屋子是南北朝向的,女子面向西方而立,看面相是個十七八歲的少女,瓜子臉,大眼睛,齒白唇紅,肌膚勝雪,充滿了青春的靈動之氣,看神情她像是剛聽到了什么可笑的事情般笑得燦爛如花,她的左手垂在身畔掐著蘭花指捏著一支淡綠色的玉簪,右手抬至胸前正欲去掩那笑出一口小白牙的嘴。

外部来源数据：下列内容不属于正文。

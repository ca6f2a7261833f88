//! Requests, and what each comes to.
ghost use Rattle.std.specs.Prelude.{◌≡◌, ℕ, ◌+◌, ◌*◌, ◌^◌, ◌≤◌};
ghost use Rattle.fa_shared_steps.specs.Ranges.{IsRange};
ghost use Rattle.fa_shared_steps.specs.Tasks.{begin_of, bytes_from as range_from, end_of, task_of, whole_range, within as rule_within};

use crate::range::Range;

/// A request of a block store. Offsets and lengths are in bytes.
#[derive(Clone, Copy)]
pub enum Request {
    /// The bytes of a range.
    Read {
        /// Where the range begins.
        offset: u64,
        /// How many bytes it has.
        len: u64,
    },
    /// Bytes into a range.
    Write {
        /// Where the range begins.
        offset: u64,
        /// How many bytes it has.
        len: u64,
        /// Whether a flush is part of it.
        fua: bool,
    },
    /// Zeros into a range.
    Zero {
        /// Where the range begins.
        offset: u64,
        /// How many bytes it has.
        len: u64,
        /// Whether a flush is part of it.
        fua: bool,
        /// Whether pages that lie wholly in the range become holes.
        hole: bool,
    },
    /// Holes in place of the pages that lie wholly in a range.
    Trim {
        /// Where the range begins.
        offset: u64,
        /// How many bytes it has.
        len: u64,
        /// Whether a flush is part of it.
        fua: bool,
    },
    /// What was written is synced.
    Flush,
}

/// What is written into a range.
#[derive(Clone, Copy, PartialEq, Eq)]
pub enum Fill {
    /// The bytes that come with the request.
    Bytes,
    /// Zeros.
    Zeros,
    /// Zeros, and pages that lie wholly in the range become holes.
    Holes,
}

/// What a request comes to: pages are read, or pages are written, and a flush is made.
#[derive(Clone, Copy)]
pub struct Task {
    /// The bytes that are read or written.
    pub range: Range,
    /// What is written. None where nothing is.
    pub fill: Option<Fill>,
    /// Whether a flush is made at the end.
    pub flush: bool,
}

impl Request {
    /// The offset of the first byte of its range, and how many bytes the range has. A flush has none, at 0.
    pub fn extent(self) -> (u64, u64)
        ensures begin { result.0 ≡ begin_of self }
        ensures end { result.0 + result.1 ≡ end_of self }
    {
        match self {
            Request::Read { offset, len }
            | Request::Write { offset, len, .. }
            | Request::Zero { offset, len, .. }
            | Request::Trim { offset, len, .. } => (offset, len),
            Request::Flush => (0, 0),
        }
    }

    /// Whether a flush is part of it.
    pub fn has_flush(self) -> bool
        ensures { (page_bytes : ℕ) → result ≡ (task_of page_bytes self).flush }
    {
        match self {
            Request::Read { .. } => false,
            Request::Write { fua, .. } | Request::Zero { fua, .. } | Request::Trim { fua, .. } =>
                fua,
            Request::Flush => true,
        }
    }

    /// The same on the bytes from one offset to before another, without a flush. A flush stays what it is.
    pub fn within(self, from: u64, to: u64) -> Request
        requires { from ≤ to }
        ensures end { end_of result ≤ to }
        ensures within { result ≡ rule_within self from to }
    {
        let (offset, len, fua) = (from, to - from, false);
        match self {
            Request::Read { .. } => Request::Read { offset, len },
            Request::Write { .. } => Request::Write { offset, len, fua },
            Request::Zero { hole, .. } => Request::Zero {
                offset,
                len,
                fua,
                hole,
            },
            Request::Trim { .. } => Request::Trim { offset, len, fua },
            Request::Flush => Request::Flush,
        }
    }

    /// What the request comes to, in a store whose pages have so many bytes.
    pub fn task(self, page_bytes: u64) -> Task
        requires some_bytes { 1 ≤ page_bytes }
        requires small { page_bytes ≤ 4096 }
        requires inside { end_of self ≤ 2 ^ 32 }
        ensures task { result ≡ task_of page_bytes self }
        ensures range { IsRange result.range }
    {
        match self {
            Request::Read { offset, len } => Task {
                range: bytes_from(page_bytes, offset, len),
                fill: None,
                flush: false,
            },
            Request::Write { offset, len, fua } => Task {
                range: bytes_from(page_bytes, offset, len),
                fill: Some(Fill::Bytes),
                flush: fua,
            },
            Request::Zero {
                offset,
                len,
                fua,
                hole,
            } => Task {
                range: bytes_from(page_bytes, offset, len),
                fill: Some(if hole { Fill::Holes } else { Fill::Zeros }),
                flush: fua,
            },
            Request::Trim { offset, len, fua } => Task {
                range: whole_pages(page_bytes, offset, len),
                fill: Some(Fill::Holes),
                flush: fua,
            },
            Request::Flush => Task {
                range: bytes_from(page_bytes, 0, 0),
                fill: None,
                flush: true,
            },
        }
    }
}

/// A range of so many bytes.
fn bytes_from(page_bytes: u64, offset: u64, len: u64) -> Range
    requires some_bytes { 1 ≤ page_bytes }
    requires small { page_bytes ≤ 4096 }
    requires inside { offset + len ≤ 2 ^ 32 }
    ensures bytes { result ≡ range_from page_bytes offset len }
    ensures range { IsRange result }
{
    Range {
        page_bytes,
        from: offset,
        to: offset + len,
    }
}

/// The bytes of the pages that lie wholly in a range. Where there is no such page there are none.
fn whole_pages(page_bytes: u64, offset: u64, len: u64) -> Range
    requires some_bytes { 1 ≤ page_bytes }
    requires small { page_bytes ≤ 4096 }
    requires inside { offset + len ≤ 2 ^ 32 }
    ensures whole { result ≡ whole_range page_bytes offset len }
    ensures range { IsRange result }
{
    let first = (offset + (page_bytes - 1)) / page_bytes * page_bytes;
    let past = (offset + len) / page_bytes * page_bytes;
    if first <= past {
        Range {
            page_bytes,
            from: first,
            to: past,
        }
    } else {
        Range {
            page_bytes,
            from: past,
            to: past,
        }
    }
}
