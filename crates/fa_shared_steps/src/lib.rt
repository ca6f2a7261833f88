//! How far a request of a block store is, and how it goes on. Nothing here touches the array: a request's pages and payloads are made, and
//! each answer of the array leads to the next stage.
#![tactic(auto)]

mod next;
mod page_list;
mod preparing;
mod range;
mod request;
mod stage;

pub use next::{abandoned, begin, begun, claimed, committed, flushed, released, reserved, stopped};
pub use page_list::PageList;
pub use preparing::{content, fill_page, fill_with, fits, list, sort_page};
pub use range::Range;
pub use request::{Fill, Request, Task};
pub use stage::{PageClaim, Purpose, Stage, Wish};
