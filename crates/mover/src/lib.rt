// A trace moved from one edition to the other: its history goes into a table, and from there, transaction by transaction, into a lent buffer.
#![tactic(auto)]

ghost use Rattle.std.specs.Prelude.{◌≡◌, true, false, ◌≤◌, length};
ghost use Rattle.rules.specs.History.{tx_count, op_count};
ghost use Rattle.rules.specs.Records.{serial_at, is_second};
ghost use Rattle.table.specs.Table.{history_of, Held};
ghost use Rattle.rules.specs.Reading.{reading, notes_of};
ghost use Rattle.writing.specs.Filling.{Gives, content, into};
ghost use Rattle.writing.specs.Forms.{form_of, preamble, whole_of};
ghost use Rattle.writing.proofs.Sizes.{whole_size};
ghost use Rattle.blocks.specs.Blocks.{PutBefore, RoomBefore};
ghost use Rattle.moving.specs.Moving.{is_same, moved_trace, is_list_kind, list_from, first_list, moved_to};
ghost use Rattle.moving.specs.Tally.{tallied_fill, with_notes, moved_to_second, GivesTallied};
ghost use Rattle.mover.specs.Mover.{whole_count, Movable};

use blocks::Place;
use moving::Output;
use rules::{Cause, Event, Refusal};
use writing::Form;

// ── a trace that is of the wanted edition ──

fn is_same(is: bool, second: bool) -> bool
    ensures { result ≡ is_same is second }
{
    if is {
        return second;
    }
    !second
}

// "A trace already in the wanted edition comes out unchanged, notes too."
fn put_same(trace: &[u8], notes: usize, out: &mut [u8]) -> Result<Output, Refusal>
    ensures { tallied_fill result out.new ≡ with_notes (into (content trace.now) out.old) notes }
{
    let n = trace.len();
    if out.len() < n {
        return Err(Cause::OutputRoom.at(n));
    }
    copying::copy(trace, n, out);
    Ok(Output { length: n, notes })
}

// ── one that is not ──

fn form_of(second: bool) -> Form
    ensures { result ≡ form_of second }
{
    if second {
        return Form::Second;
    }
    Form::First
}

// How many bytes and how many records the moved trace has.
fn moved_length(h: &[u64], second: bool) -> usize
    requires { Held h.now }
    ensures { result ≡ whole_size second (tx_count (history_of h.now)) (op_count (history_of h.now)) }
{
    if second {
        return 21 * table::txs(h) + 22 * table::ops(h) + 20;
    }
    19 * table::txs(h) + 20 * table::ops(h) + 10
}

fn moved_count(h: &[u64], second: bool) -> u32
    requires { Held h.now }
    ensures { result ≡ whole_count second (tx_count (history_of h.now)) (op_count (history_of h.now)) }
{
    let records = (2 * table::txs(h) + table::ops(h) + 1) as u32;
    if second {
        return records + 1;
    }
    records
}

// "Edition 2 of the trace begins with a kind 16 record".
fn put_preamble(second: bool, first: u32, out: &mut [u8], place: Place) -> Place
    requires { RoomBefore (form_of second) out.old place (preamble second) }
    ensures { PutBefore (form_of second) first out.old place out.new result (preamble second) }
{
    if second {
        return blocks::put_before(Form::Second, first, 0, Event::Other, out, place);
    }
    place
}

// The end record, the transactions and what the edition begins with, from the last to the first.
fn put_whole(h: &[u64], second: bool, first: u32, out: &mut [u8], place: Place) -> Place
    requires { Held h.now × Movable second (history_of h.now) × RoomBefore (form_of second) out.old place (whole_of second (history_of h.now)) }
    ensures { PutBefore (form_of second) first out.old place out.new result (whole_of second (history_of h.now)) }
{
    let form = form_of(second);
    let txs = table::txs(h) as u16;
    let from = blocks::put_before(form, first, 0, Event::End(txs), out, place);
    let from = blocks::put_txs(h, form, first, out, from);
    put_preamble(second, first, out, from)
}

// "The first serial is kept and the rest follow it. Notes are left out."
fn put_moved(
    trace: &[u8],
    h: &[u64],
    notes: usize,
    second: bool,
    out: &mut [u8],
) -> Result<Output, Refusal>
    requires { Held h.now × Movable second (history_of h.now) × (8 ≤ length trace.now) }
    ensures { tallied_fill result out.new ≡ with_notes (into (content (moved_trace second (serial_at trace.now 0) (history_of h.now))) out.old) notes }
{
    let first = frame::u32_at(trace, 4);
    let n = moved_length(h, second);
    if out.len() < n {
        return Err(Cause::OutputRoom.at(n));
    }
    let count = moved_count(h, second);
    put_whole(h, second, first, out, Place { at: n, count });
    Ok(Output { length: n, notes })
}

// ── appends and list reads, which edition 1 has not ──

fn is_list_kind(kind: u16) -> bool
    ensures { result ≡ is_list_kind kind }
{
    if kind == 23 {
        return true;
    }
    kind == 24
}

// "the first such record": its offset, from record to record; the trace's length where there is none.
fn list_from(trace: &[u8]) -> usize
    ensures { result ≡ list_from (length trace.now) trace.now 0 }
{
    let n = trace.len();
    let mut at = 0;
    // Kept (3): each step is as long as the record says, so no range has these offsets; a rest of the slice in place of the offset would not answer where it is.
    while at + 4 <= n {
        if is_list_kind(frame::u16_at(trace, at + 2)) {
            return at;
        }
        at += 2 + usize::from(frame::u16_at(trace, at));
    }
    n
}

// .. of a trace that is of edition 2 or is not.
fn first_list(is: bool, trace: &[u8]) -> usize
    requires { is ≡ is_second trace.now }
    ensures { result ≡ first_list trace.now }
{
    if is {
        return list_from(trace);
    }
    trace.len()
}

// ── the calls ──

// To edition 2 or 1: "Refusals: 01's for the input, then 16 for the output."; "20, list kinds in a move to edition 1, .. before 16".
fn move_to(second: bool, trace: &[u8], out: &mut [u8]) -> Result<Output, Refusal>
    ensures { tallied_fill result out.new ≡ with_notes (moved_to second trace.now out.old) (notes_of (reading trace.now)) }
{
    let mut h = [0u64; table::WORDS];
    let notes = trace::read_trace(trace, &mut h)?;
    let is = frame::is_second(trace);
    if is_same(is, second) {
        return put_same(trace, notes, out);
    }
    let place = first_list(is, trace);
    if place < trace.len() {
        return Err(Cause::ListsMoved.at(place));
    }
    put_moved(trace, &h, notes, second, out)
}

// Fills a lent buffer with a trace, moved to edition 1, and does not answer its notes. What the answer means, and what the buffer then holds, is what the
// definition gives these bytes and this buffer.
pub fn to_edition_1(trace: &[u8], out: &mut [u8]) -> Result<usize, Refusal>
    ensures { Gives result out.new (moved_to false trace.now out.old) }
{
    move_to(false, trace, out).map(|output| output.length)
}

// .. moved to edition 2, and answers how many notes the trace had.
pub fn to_edition_2(trace: &[u8], out: &mut [u8]) -> Result<Output, Refusal>
    ensures { GivesTallied result out.new (moved_to_second trace.now out.old) }
{
    move_to(true, trace, out)
}
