ghost use Rattle.std.specs.Prelude.{◌≡◌, ◌≤◌, false};

use mpm_base::functions;

/// What a kernel call reads in its caller's memory.
#[derive(Clone, Copy, Debug, PartialEq, Eq)]
pub enum Reads {
    /// Nothing: its registers say it all.
    Registers,
    /// So many bytes at the parameter.
    Block(u16),
    /// So many bytes at the parameter, then some at the address that stands in them as the word at `offset`.
    Pointing { size: u16, offset: u16, count: u16 },
    /// Process descriptors of 16 bytes: the one at the parameter, and those that are chained to it by their links, up to a
    /// link 0, at most 32. After each comes the word at its stack pointer.
    Descriptors,
    /// The string at the parameter up to a dollar sign, at most 4,096 bytes.
    DollarString,
    /// The text at the DMA address up to 00h or CR, at most 128 bytes.
    TextAtDma,
    /// Two bytes at the parameter, then the text after them up to 00h or CR, at most 128 bytes.
    Command,
    /// The file control block at the parameter, then so many bytes at the DMA address.
    File(u16),
    /// The file control block at the parameter, then, at the DMA address, so many bytes for each record of the
    /// multi-sector count.
    Records(u16),
}

ghost use Rattle.mpm_gate.specs.Reads.{reads_of as reads_in_table, most_read};

/// What the call of a function reads. (MP/M II Programmer's Guide, "BDOS Function Calls", "XDOS Function Calls".)
#[inline(always)]
#[tactic(auto, unfolding(crate::specs::Reads::reads_of))]
pub fn reads_of(function: u8) -> Reads
    ensures table { result ≡ reads_in_table function }
    ensures most { most_read result 16 ≤ 4096 }
{
    match function {
        functions::PRINT_STRING => Reads::DollarString,
        functions::READ_CONSOLE_BUFFER => Reads::Block(1),
        functions::OPEN_FILE
        | functions::DELETE_FILE
        | functions::RENAME_FILE
        | functions::SET_FILE_ATTRIBUTES => Reads::File(8),
        functions::CLOSE_FILE
        | functions::SEARCH_FOR_FIRST
        | functions::READ_SEQUENTIAL
        | functions::READ_RANDOM
        | functions::COMPUTE_FILE_SIZE
        | functions::SET_RANDOM_RECORD
        | functions::READ_FILE_XFCB => Reads::File(0),
        functions::WRITE_SEQUENTIAL
        | functions::WRITE_RANDOM
        | functions::WRITE_RANDOM_WITH_ZERO_FILL => Reads::Records(128),
        functions::MAKE_FILE => Reads::File(9),
        functions::TEST_AND_WRITE_RECORD => Reads::Records(256),
        functions::LOCK_RECORD | functions::UNLOCK_RECORD => Reads::File(2),
        functions::CHAIN_TO_PROGRAM => Reads::TextAtDma,
        functions::SET_DIRECTORY_LABEL | functions::WRITE_FILE_XFCB => Reads::File(16),
        functions::SET_DATE_AND_TIME
        | functions::ABSOLUTE_MEMORY_REQUEST
        | functions::RELOCATABLE_MEMORY_REQUEST
        | functions::MEMORY_FREE => Reads::Block(4),
        functions::SET_DEFAULT_PASSWORD => Reads::Block(8),
        functions::MAKE_QUEUE | functions::DELETE_QUEUE => Reads::Block(14),
        functions::OPEN_QUEUE | functions::READ_QUEUE | functions::CONDITIONAL_READ_QUEUE =>
            Reads::Block(12),
        functions::WRITE_QUEUE | functions::CONDITIONAL_WRITE_QUEUE => Reads::Pointing {
            size: 12,
            offset: 2,
            count: 2048,
        },
        functions::CREATE_PROCESS => Reads::Descriptors,
        functions::ASSIGN_CONSOLE => Reads::Block(10),
        functions::SEND_CLI_COMMAND => Reads::Command,
        functions::CALL_RESIDENT_SYSTEM_PROCEDURE => Reads::Pointing {
            size: 4,
            offset: 0,
            count: 8,
        },
        functions::PARSE_FILENAME => Reads::Pointing {
            size: 4,
            offset: 0,
            count: 128,
        },
        functions::ABORT_SPECIFIED_PROCESS => Reads::Block(13),
        _ => Reads::Registers,
    }
}

/// Whether the call of a function reads something in its caller's memory. Of those below 15 two do.
#[inline(always)]
#[tactic(auto, unfolding(crate::specs::Reads::reads_of))]
pub(crate) fn reads_memory(function: u8) -> bool
    ensures { result ≡ false → reads_in_table function ≡ Reads.Registers }
{
    if function < functions::OPEN_FILE {
        return matches!(
            function,
            functions::PRINT_STRING | functions::READ_CONSOLE_BUFFER
        );
    }
    match reads_of(function) {
        Reads::Registers => false,
        Reads::Block(_)
        | Reads::Pointing { .. }
        | Reads::Descriptors
        | Reads::DollarString
        | Reads::TextAtDma
        | Reads::Command
        | Reads::File(_)
        | Reads::Records(_) => true,
    }
}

女子笑得明媚燦爛,而朗星的心底卻在一陣陣的泛寒氣,這女子若是個活人,那就是在笑得最開心的一刻被人躲去了性命,這是何等的殘忍啊!看著女子那盛滿笑意及情意的雙眼,朗星幾乎可以斷定她就是個活生生的人,一個死了的活人。
“說……”朗星望著那少女,眼中有了因痛惜悲憫而生出的兇光,一手掐著元情的脖子,一手抓住了元情的手腕,用力擰動著,讓斷骨相互摩擦發出咯咯的斷裂聲。
“嗬……啊……”元情疼得發出嚎叫,可被緊緊掐住的...緊掐住的喉嚨令他只能發出含糊不清的聲音,一滴滴冷汗順著他的下巴、發梢劈里啪啦的滴落到幾案上。
“說,這是怎么會事!”朗星從牙縫里擠出這句話,稍稍松了松掐著他喉嚨的那只手。
“不要碰她……求你了……”元情喘著粗氣發出哀求。
朗星作出要把他砸向那女子的姿勢,用陰冷的聲音威脅道:“快說!”
“她是那位前輩的愛侶,求你不要這樣!”元情的聲音帶著哭腔。
這句話讓朗星皺起了眉,他能感知出元情對這女子的呵護之情是發自真心的,難道事情不是自己想的那樣?
“她是怎么死的?”朗星邊問邊提著元情朝屋外走去,現在最要緊的是尋找到一條出路,或是一個能對付那老者的辦法,他雖然很想把這女子的事情弄清楚,但現在顯然不是時候。
元情再次閉緊了嘴,眼底有了絕望之色。
朗星沒繼續追問,沉著臉飛快的沖上了二樓,二樓的布局和一樓是一樣的,他徑直走向了右手邊的那間大屋子,當看到這里又有一個美貌女子坐在幾案后時,心底剛散去些的冰寒又回來了。